2027年からマクラーレンの新型LMDh車両をドライブすることが明らかとなったミケル・イェンセン 2027年のWEC世界耐久選手権でのハイパーカープログラムに向けてマクラーレンに新加入したミケル・イェンセンは、同ブランドの歴史、その「ハングリー精神」、そして新たな挑戦への渇望が、このプログラムへの参加を決意した決め手となったと語った。
■「キャリアの黄金期」に訪れたチャンス
このデンマーク出身ドライバーは1月13日、マクラーレンのスポーツカーレース最高峰クラスへの復帰における最初の契約ドライバーとして発表された。イェンセンはプジョー9X8で3年半のキャリアを積み、昨年の富士スピードウェイ戦では2位を獲得するなど、3度の表彰台を手にしている。
そのため、イェンセンは環境を変える絶好のタイミングだと感じ、マクラーレンがまだ名前が決まっていないLMDhマシンでハイパーカーに参戦するという決定を聞いた瞬間から、興味を持ったという。
プジョーからの離脱について尋ねられたイェンセンは、「そこには多くのことがあった。ハイパーカーでの経験を踏まえ、新たな挑戦をする時が来たと感じた」と語った。
「マクラーレンからの発表を見た時、ブランドの歴史、1995年のル・マン優勝、F1での成功などを考えると、ここにはハングリー精神が溢れているのが分かった。誰もが勝ちたいと思っており、僕も勝ちたい。だから、まさにぴったりだと感じたんだ」
「話し合いを始めてから、すべての点で良い方向へ進んでいたと思う。素晴らしいマッチングで、とても興奮している」
イェンセンは、以前の所属先でのパフォーマンスに「あまり満足していなかった」と認め、マクラーレンがハイパーカー参戦を表明した時点ですでに選択肢として検討していたという。
「表現するのは難しい」と彼は付け加えた。
「僕もキャリアの黄金期にいる。
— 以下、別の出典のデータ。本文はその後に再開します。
//! The types of what reads and changes tables and cookies.
ghost use Rattle.std.specs.Prelude.{◌≡◌, true, IfOk};
ghost use Rattle.con_terms.specs.Trees as tree;
ghost use Rattle.con_terms.specs.Trees.{Cn};
ghost use Rattle.con_terms.specs.View.{con_tree};
ghost use Rattle.core_terms.specs.Basis as meant;
ghost use Rattle.core_terms.specs.declared.basis.BasisName.TheVariants as value;
ghost use Rattle.type_makers.specs.Made.{Makes};

use crate::made::{arrow, basic_at, guarded, poly, row_kind, types_kind, var};
use crate::made_types::{
    each_context, each_row, each_type, plain_xml, query, query_row, setting, transaction,
};
use crate::symbols;
use crate::types::{dml_type, int_type, sequence_type, unit_type};
use con_terms::Con;
use std::alloc::{AllocError, Global};

/// `ts ::: {{Type}} -> es ::: {Type} -> [ts ~ es] => body`
fn for_results(alloc: Global, body: Result<Con, AllocError>) -> Result<Con, AllocError>
    ensures { (b : Cn) → Makes body b → Makes result (meant.for_results b) }
{
    let body = each_row(alloc, guarded(alloc, var(1), var(0), body));
    let columns = row_kind(alloc, types_kind());
    poly(alloc, true, row_kind(alloc, columns), body)
}

/// `xml ctx [] []`, where the context has number 0
fn plain_tree(alloc: Global) -> Result<Con, AllocError>
    ensures { Makes result (meant.plain_xml (tree.var 0)) }
{
    plain_xml(alloc, var(0))
}

/// `query`: what is made of each row and of what was made of those before it
pub fn query_type(alloc: Global) -> Result<Con, AllocError>
    ensures { IfOk result (λ new. con_tree new ≡ meant.basis_type value.Query) }
{
    let next = arrow(alloc, var(0), transaction(alloc, var(0)));
    let step = arrow(alloc, query_row(alloc, var(2), var(1)), next);
    let body = arrow(alloc, var(0), transaction(alloc, var(0)));
    let body = arrow(alloc, step, body);
    let body = arrow(alloc, query(alloc, var(2), var(1)), body);
    for_results(alloc, each_type(alloc, body))
}

/// `queryX`: trees for each row, one after another
pub fn query_xml_type(alloc: Global) -> Result<Con, AllocError>
    ensures { IfOk result (λ new. con_tree new ≡ meant.basis_type value.QueryX) }
{
    let gives = transaction(alloc, plain_tree(alloc));
    let shows = arrow(alloc, query_row(alloc, var(2), var(1)), plain_tree(alloc));
    let body = arrow(alloc, shows, gives);
    let body = arrow(alloc, query(alloc, var(2), var(1)), body);
    for_results(alloc, each_context(alloc, body))
}

/// `oneRow`: the one row
pub fn one_row_type(alloc: Global) -> Result<Con, AllocError>
    ensures { IfOk result (λ new. con_tree new ≡ meant.basis_type value.OneRow) }
{
    let gives = transaction(alloc, query_row(alloc, var(1), var(0)));
    for_results(alloc, arrow(alloc, query(alloc, var(1), var(0)), gives))
}

/// `oneOrNoRows`: the one row, if there is one
pub fn one_or_no_rows_type(alloc: Global) -> Result<Con, AllocError>
    ensures { IfOk result (λ new. con_tree new ≡ meant.basis_type value.OneOrNoRows) }
{
    let row = basic_at(alloc, symbols::OPTION, query_row(alloc, var(1), var(0)));
    let gives = transaction(alloc, row);
    for_results(alloc, arrow(alloc, query(alloc, var(1), var(0)), gives))
}

/// `dml`: a change of a table
pub fn change_type(alloc: Global) -> Result<Con, AllocError>
    ensures { IfOk result (λ new. con_tree new ≡ meant.basis_type value.Dml) }
{
    arrow(alloc, Ok(dml_type()), transaction(alloc, unit_type(alloc)))
}

/// `nextval`: the next number of a sequence
pub fn nextval_type(alloc: Global) -> Result<Con, AllocError>
    ensures { IfOk result (λ new. con_tree new ≡ meant.basis_type value.Nextval) }
{
    arrow(
        alloc,
        Ok(sequence_type()),
        transaction(alloc, Ok(int_type())),
    )
}

/// `getCookie`
pub fn get_cookie_type(alloc: Global) -> Result<Con, AllocError>
    ensures { IfOk result (λ new. con_tree new ≡ meant.basis_type value.GetCookie) }
{
    let gives = transaction(alloc, basic_at(alloc, symbols::OPTION, var(0)));
    each_type(
        alloc,
        arrow(alloc, basic_at(alloc, symbols::HTTP_COOKIE, var(0)), gives),
    )
}

/// `setCookie`
pub fn set_cookie_type(alloc: Global) -> Result<Con, AllocError>
    ensures { IfOk result (λ new. con_tree new ≡ meant.basis_type value.SetCookie) }
{
    let gives = transaction(alloc, unit_type(alloc));
    let body = arrow(alloc, setting(alloc, var(0)), gives);
    each_type(
        alloc,
        arrow(alloc, basic_at(alloc, symbols::HTTP_COOKIE, var(0)), body),
    )
}

/// `clearCookie`
pub fn clear_cookie_type(alloc: Global) -> Result<Con, AllocError>
    ensures { IfOk result (λ new. con_tree new ≡ meant.basis_type value.ClearCookie) }
{
    let gives = transaction(alloc, unit_type(alloc));
    each_type(
        alloc,
        arrow(alloc, basic_at(alloc, symbols::HTTP_COOKIE, var(0)), gives),
    )
}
ちょうど31歳になったばかりで、耐久レースドライバーとしては良い年齢だ」
「自分が当然得るべき成功を収められず、まだレースに勝てていなかったので、周囲を見回し始めた。マクラーレンがこのプロジェクトを発表した時、好奇心を持ったのは当然のことだった」
「耐久レースにおけるこのブランドの歴史は、言うまでもなく非常に魅力的だ。移行は自然な流れで、キャリアを変える時が来たと思った。そして、ここが僕にとって最適な場所だと思っている」
マクラーレンは、昨年のル・マン24時間レースでプログラムの詳細が発表された直後から、新型マシンのシミュレーター開発に着手している。
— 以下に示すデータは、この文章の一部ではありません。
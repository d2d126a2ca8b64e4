//! Types of the basis put together from parts, each of which is an error where memory ended.
ghost use Rattle.std.specs.Prelude.{◌≡◌, true, IfOk};
ghost use Rattle.con_terms.specs.Equal.{mapped as mapped_row};
ghost use Rattle.con_terms.specs.Trees as tree;
ghost use Rattle.con_terms.specs.Trees.{Cn};
ghost use Rattle.core_terms.specs.Types as meant;
ghost use Rattle.type_makers.specs.Made.{Makes};

use crate::made::{
    applied, basic, basic_at, empty_row, field, joined, label, lambda, map_of, poly, record,
    row_kind, two_field_row, types_kind, units_kind, var,
};
use crate::symbols;
use con_terms::Con;
use std::alloc::{AllocError, Global};

/// `transaction t`
pub fn transaction(alloc: Global, t: Result<Con, AllocError>) -> Result<Con, AllocError>
    ensures { (a : Cn) → Makes t a → Makes result (meant.transaction_of a) }
{
    basic_at(alloc, symbols::TRANSACTION, t)
}

/// `sql_query tables results`
pub fn query(
    alloc: Global,
    tables: Result<Con, AllocError>,
    results: Result<Con, AllocError>,
) -> Result<Con, AllocError>
    ensures { (ts es : Cn) → Makes tables ts → Makes results es → Makes result (meant.query_of ts es) }
{
    applied(alloc, basic_at(alloc, symbols::SQL_QUERY, tables), results)
}

/// `map (fn f :: {Type} => $f) tables`, the records of a row of a query
fn records(alloc: Global, tables: Result<Con, AllocError>) -> Result<Con, AllocError>
    ensures { (ts : Cn) → Makes tables ts → Makes result (mapped_row (tree.row_of tree.types) tree.types
        (tree.lambda (tree.row_of tree.types) (tree.record_of (tree.var 0))) ts) }
{
    let map = map_of(alloc, row_kind(alloc, types_kind()), types_kind());
    let body = record(alloc, var(0));
    let to_record = lambda(alloc, row_kind(alloc, types_kind()), body);
    applied(alloc, applied(alloc, map, to_record), tables)
}

/// `$(results ++ map (fn f :: {Type} => $f) tables)`, a row of a query
pub fn query_row(
    alloc: Global,
    tables: Result<Con, AllocError>,
    results: Result<Con, AllocError>,
) -> Result<Con, AllocError>
    ensures { (ts es : Cn) → Makes tables ts → Makes results es → Makes result (meant.result_of ts es) }
{
    record(alloc, joined(alloc, results, records(alloc, tables)))
}

/// `{Value : t, Secure : bool}`, what a cookie is set to
pub fn setting(alloc: Global, t: Result<Con, AllocError>) -> Result<Con, AllocError>
    ensures { (a : Cn) → Makes t a → Makes result (meant.setting_of a) }
{
    let value = field(label(symbols::VALUE), t);
    let secure = field(label(symbols::SECURE), basic(symbols::BOOL));
    record(alloc, two_field_row(alloc, types_kind(), value, secure))
}

/// `xml context uses fills`
pub fn xml(
    alloc: Global,
    context: Result<Con, AllocError>,
    uses: Result<Con, AllocError>,
    fills: Result<Con, AllocError>,
) -> Result<Con, AllocError>
    ensures { (c u f : Cn) → Makes context c → Makes uses u → Makes fills f → Makes result (meant.xml_of c u f) }
{
    let at_context = basic_at(alloc, symbols::XML, context);
    applied(alloc, applied(alloc, at_context, uses), fills)
}

/// `xml context [] []`
pub fn plain_xml(alloc: Global, context: Result<Con, AllocError>) -> Result<Con, AllocError>
    ensures { (c : Cn) → Makes context c → Makes result (meant.xml_of c meant.no_types meant.no_types) }
{
    xml(alloc, context, no_fields(alloc), no_fields(alloc))
}

/// `[]`, a row of no types
pub fn no_fields(alloc: Global) -> Result<Con, AllocError>
    ensures { Makes result meant.no_types }
{
    empty_row(alloc, types_kind())
}

/// `t ::: Type -> body`
pub fn each_type(alloc: Global, body: Result<Con, AllocError>) -> Result<Con, AllocError>
    ensures { (b : Cn) → Makes body b → Makes result (meant.for_type b) }
{
    poly(alloc, true, types_kind(), body)
}

/// `r ::: {Type} -> body`
pub fn each_row(alloc: Global, body: Result<Con, AllocError>) -> Result<Con, AllocError>
    ensures { (b : Cn) → Makes body b → Makes result (tree.poly true (tree.row_of tree.types) b) }
{
    poly(alloc, true, row_kind(alloc, types_kind()), body)
}

/// `ctx ::: {Unit} -> body`
pub fn each_context(alloc: Global, body: Result<Con, AllocError>) -> Result<Con, AllocError>
    ensures { (b : Cn) → Makes body b → Makes result (tree.poly true (tree.row_of tree.units) b) }
{
    poly(alloc, true, row_kind(alloc, units_kind()), body)
}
イェンセンは、11月初旬のバーレーンでのWECシーズン最終戦を最後にプジョーでの契約を終えるとすぐに、そのプロジェクトに携わり始めた。
マクラーレン・エンデュランス・レーシングのチーム代表であるジェームズ・バークレーは、すでに契約は最終段階にあり、近日中に新たなドライバーを発表する予定であることを明らかにしている。